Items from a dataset
::::

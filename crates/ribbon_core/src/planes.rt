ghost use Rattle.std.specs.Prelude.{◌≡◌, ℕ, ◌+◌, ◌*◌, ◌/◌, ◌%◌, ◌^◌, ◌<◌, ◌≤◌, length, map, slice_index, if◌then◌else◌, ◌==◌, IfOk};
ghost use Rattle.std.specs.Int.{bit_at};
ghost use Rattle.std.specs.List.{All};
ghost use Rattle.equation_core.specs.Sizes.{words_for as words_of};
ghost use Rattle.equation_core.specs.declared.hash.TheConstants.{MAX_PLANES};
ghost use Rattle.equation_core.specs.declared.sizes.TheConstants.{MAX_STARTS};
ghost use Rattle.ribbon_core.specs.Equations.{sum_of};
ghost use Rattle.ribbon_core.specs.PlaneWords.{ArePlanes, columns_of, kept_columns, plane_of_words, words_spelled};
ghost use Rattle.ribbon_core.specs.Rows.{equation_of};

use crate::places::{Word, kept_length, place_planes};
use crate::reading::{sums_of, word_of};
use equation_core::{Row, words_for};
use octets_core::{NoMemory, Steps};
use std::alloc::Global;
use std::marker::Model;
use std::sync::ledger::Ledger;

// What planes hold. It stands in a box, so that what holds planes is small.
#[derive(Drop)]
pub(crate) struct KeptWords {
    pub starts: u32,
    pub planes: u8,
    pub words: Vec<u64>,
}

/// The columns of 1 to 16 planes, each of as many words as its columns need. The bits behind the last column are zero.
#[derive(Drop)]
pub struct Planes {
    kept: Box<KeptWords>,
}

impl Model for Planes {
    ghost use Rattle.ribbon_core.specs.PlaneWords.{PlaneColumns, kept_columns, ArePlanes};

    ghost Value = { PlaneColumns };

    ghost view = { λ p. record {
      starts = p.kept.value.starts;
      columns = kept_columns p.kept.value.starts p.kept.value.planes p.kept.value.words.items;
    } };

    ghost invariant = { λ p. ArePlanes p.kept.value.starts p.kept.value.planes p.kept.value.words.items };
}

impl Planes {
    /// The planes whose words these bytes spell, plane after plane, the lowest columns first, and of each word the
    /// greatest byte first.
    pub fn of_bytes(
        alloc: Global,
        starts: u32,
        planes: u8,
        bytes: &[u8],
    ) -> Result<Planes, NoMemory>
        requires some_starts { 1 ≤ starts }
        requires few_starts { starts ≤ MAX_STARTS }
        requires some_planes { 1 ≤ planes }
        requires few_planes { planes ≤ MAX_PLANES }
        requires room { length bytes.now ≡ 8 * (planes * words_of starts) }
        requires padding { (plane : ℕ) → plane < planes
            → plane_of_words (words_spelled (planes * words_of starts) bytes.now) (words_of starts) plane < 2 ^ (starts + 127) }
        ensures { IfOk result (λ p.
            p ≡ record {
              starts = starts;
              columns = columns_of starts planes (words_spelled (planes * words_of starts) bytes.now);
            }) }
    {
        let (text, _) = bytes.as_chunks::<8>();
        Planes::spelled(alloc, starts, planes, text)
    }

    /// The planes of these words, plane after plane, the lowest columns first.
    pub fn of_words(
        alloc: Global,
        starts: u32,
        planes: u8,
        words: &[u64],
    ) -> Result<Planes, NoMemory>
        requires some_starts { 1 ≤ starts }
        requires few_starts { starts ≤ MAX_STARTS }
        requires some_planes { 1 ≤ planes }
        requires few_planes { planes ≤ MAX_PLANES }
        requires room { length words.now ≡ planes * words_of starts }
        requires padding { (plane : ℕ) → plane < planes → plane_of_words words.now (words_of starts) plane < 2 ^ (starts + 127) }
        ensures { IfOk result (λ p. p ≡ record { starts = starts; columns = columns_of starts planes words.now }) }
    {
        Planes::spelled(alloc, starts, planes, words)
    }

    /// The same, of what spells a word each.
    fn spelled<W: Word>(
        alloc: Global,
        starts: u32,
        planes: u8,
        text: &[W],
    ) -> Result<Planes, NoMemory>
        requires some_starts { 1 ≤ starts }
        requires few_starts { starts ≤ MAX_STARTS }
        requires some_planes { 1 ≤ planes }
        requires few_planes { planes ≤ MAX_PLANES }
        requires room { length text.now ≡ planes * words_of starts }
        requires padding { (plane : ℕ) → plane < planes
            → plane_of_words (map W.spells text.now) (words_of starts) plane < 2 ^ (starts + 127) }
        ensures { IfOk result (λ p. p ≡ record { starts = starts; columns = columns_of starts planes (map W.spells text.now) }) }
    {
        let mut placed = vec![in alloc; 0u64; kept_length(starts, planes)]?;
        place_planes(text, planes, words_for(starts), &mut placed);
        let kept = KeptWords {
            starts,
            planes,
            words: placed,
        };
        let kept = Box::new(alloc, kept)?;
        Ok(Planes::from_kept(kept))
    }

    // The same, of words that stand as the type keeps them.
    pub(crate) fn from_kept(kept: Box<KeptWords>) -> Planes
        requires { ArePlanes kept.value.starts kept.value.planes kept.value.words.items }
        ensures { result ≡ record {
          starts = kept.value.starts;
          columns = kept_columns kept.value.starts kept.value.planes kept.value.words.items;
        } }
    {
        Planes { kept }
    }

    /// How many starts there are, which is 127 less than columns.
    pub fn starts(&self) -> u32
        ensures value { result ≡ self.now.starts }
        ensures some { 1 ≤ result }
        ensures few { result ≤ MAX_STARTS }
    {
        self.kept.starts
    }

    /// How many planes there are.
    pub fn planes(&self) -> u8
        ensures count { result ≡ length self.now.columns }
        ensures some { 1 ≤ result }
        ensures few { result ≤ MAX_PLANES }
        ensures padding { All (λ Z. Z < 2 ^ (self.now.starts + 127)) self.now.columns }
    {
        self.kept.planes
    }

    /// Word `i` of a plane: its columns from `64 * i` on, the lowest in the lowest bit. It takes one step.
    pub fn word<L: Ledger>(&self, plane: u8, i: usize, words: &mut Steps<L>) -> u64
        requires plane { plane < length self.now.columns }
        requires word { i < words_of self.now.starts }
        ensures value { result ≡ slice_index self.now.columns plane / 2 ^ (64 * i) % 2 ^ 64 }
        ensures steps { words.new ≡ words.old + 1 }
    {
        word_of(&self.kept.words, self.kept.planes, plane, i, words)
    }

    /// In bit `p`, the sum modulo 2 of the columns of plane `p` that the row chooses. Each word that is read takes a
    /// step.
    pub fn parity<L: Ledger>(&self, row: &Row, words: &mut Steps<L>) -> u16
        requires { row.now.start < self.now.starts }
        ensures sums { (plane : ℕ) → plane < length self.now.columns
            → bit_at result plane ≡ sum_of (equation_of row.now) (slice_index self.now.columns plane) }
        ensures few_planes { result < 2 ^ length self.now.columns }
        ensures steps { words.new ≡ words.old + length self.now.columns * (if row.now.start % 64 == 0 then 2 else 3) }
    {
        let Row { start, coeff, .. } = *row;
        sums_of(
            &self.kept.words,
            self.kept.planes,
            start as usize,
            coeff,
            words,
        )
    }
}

::::

What the task asks —
From the records above, print exactly the lines that run from the line with "use std::alloc::Global;" to the line with "starts = p.kept.value.starts;", inclusive.

Exercise output —
use std::alloc::Global;
use std::marker::Model;
use std::sync::ledger::Ledger;

// What planes hold. It stands in a box, so that what holds planes is small.
#[derive(Drop)]
pub(crate) struct KeptWords {
    pub starts: u32,
    pub planes: u8,
    pub words: Vec<u64>,
}

/// The columns of 1 to 16 planes, each of as many words as its columns need. The bits behind the last column are zero.
#[derive(Drop)]
pub struct Planes {
    kept: Box<KeptWords>,
}

impl Model for Planes {
    ghost use Rattle.ribbon_core.specs.PlaneWords.{PlaneColumns, kept_columns, ArePlanes};

    ghost Value = { PlaneColumns };

    ghost view = { λ p. record {
      starts = p.kept.value.starts;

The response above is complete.